╭─ Information shown
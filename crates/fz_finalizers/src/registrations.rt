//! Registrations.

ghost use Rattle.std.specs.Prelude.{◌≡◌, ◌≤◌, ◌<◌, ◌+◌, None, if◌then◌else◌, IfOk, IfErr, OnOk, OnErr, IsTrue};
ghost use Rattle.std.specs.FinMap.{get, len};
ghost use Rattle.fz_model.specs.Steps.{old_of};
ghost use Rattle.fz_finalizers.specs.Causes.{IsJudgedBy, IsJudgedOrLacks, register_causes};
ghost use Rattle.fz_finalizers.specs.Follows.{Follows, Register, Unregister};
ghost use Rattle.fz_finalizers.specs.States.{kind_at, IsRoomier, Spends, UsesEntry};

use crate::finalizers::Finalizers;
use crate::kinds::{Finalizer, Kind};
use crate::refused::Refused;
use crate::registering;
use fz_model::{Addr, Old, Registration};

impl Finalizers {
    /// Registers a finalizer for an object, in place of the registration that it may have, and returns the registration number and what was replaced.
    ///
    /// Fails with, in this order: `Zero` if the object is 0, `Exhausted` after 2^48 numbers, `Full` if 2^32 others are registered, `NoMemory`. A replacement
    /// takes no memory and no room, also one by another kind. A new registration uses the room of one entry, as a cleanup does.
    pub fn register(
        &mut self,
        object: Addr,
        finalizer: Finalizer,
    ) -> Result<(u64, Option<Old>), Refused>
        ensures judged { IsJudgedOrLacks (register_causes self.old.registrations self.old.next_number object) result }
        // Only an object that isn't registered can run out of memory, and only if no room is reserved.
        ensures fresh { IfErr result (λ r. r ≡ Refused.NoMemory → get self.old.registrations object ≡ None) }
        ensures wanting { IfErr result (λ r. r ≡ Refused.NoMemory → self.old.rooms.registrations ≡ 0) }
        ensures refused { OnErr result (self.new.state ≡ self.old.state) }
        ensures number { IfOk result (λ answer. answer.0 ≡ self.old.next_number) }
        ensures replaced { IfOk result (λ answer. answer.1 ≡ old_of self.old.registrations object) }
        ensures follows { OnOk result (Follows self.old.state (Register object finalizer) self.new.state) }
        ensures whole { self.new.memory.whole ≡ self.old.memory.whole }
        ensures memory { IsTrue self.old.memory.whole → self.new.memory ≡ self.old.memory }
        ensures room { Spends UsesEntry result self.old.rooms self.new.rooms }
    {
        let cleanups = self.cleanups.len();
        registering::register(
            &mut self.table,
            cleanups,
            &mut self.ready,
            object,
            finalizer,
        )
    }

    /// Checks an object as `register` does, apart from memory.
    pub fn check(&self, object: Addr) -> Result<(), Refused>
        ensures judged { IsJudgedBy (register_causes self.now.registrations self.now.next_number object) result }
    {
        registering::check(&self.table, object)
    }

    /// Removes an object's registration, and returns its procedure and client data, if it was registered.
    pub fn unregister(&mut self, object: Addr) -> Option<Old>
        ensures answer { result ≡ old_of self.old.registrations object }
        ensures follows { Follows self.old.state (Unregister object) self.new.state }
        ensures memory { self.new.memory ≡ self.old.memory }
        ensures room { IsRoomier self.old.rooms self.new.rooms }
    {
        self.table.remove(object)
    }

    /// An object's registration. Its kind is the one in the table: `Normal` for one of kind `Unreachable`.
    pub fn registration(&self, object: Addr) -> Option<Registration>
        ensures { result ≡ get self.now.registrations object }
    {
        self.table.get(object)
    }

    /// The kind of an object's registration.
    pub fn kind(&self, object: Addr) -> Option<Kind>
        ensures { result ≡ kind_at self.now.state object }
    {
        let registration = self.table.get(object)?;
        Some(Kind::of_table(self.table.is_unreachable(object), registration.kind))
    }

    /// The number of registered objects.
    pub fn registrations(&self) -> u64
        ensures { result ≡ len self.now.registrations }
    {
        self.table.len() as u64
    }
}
╰─
**Your objective:**
Could you reproduce exactly the lines of the entries above, from the one with "Refused.NoMemory → get" through the one with "(λ answer. answer.1", and nothing else?

**Written response:**
        ensures fresh { IfErr result (λ r. r ≡ Refused.NoMemory → get self.old.registrations object ≡ None) }
        ensures wanting { IfErr result (λ r. r ≡ Refused.NoMemory → self.old.rooms.registrations ≡ 0) }
        ensures refused { OnErr result (self.new.state ≡ self.old.state) }
        ensures number { IfOk result (λ answer. answer.0 ≡ self.old.next_number) }
        ensures replaced { IfOk result (λ answer. answer.1 ≡ old_of self.old.registrations object) }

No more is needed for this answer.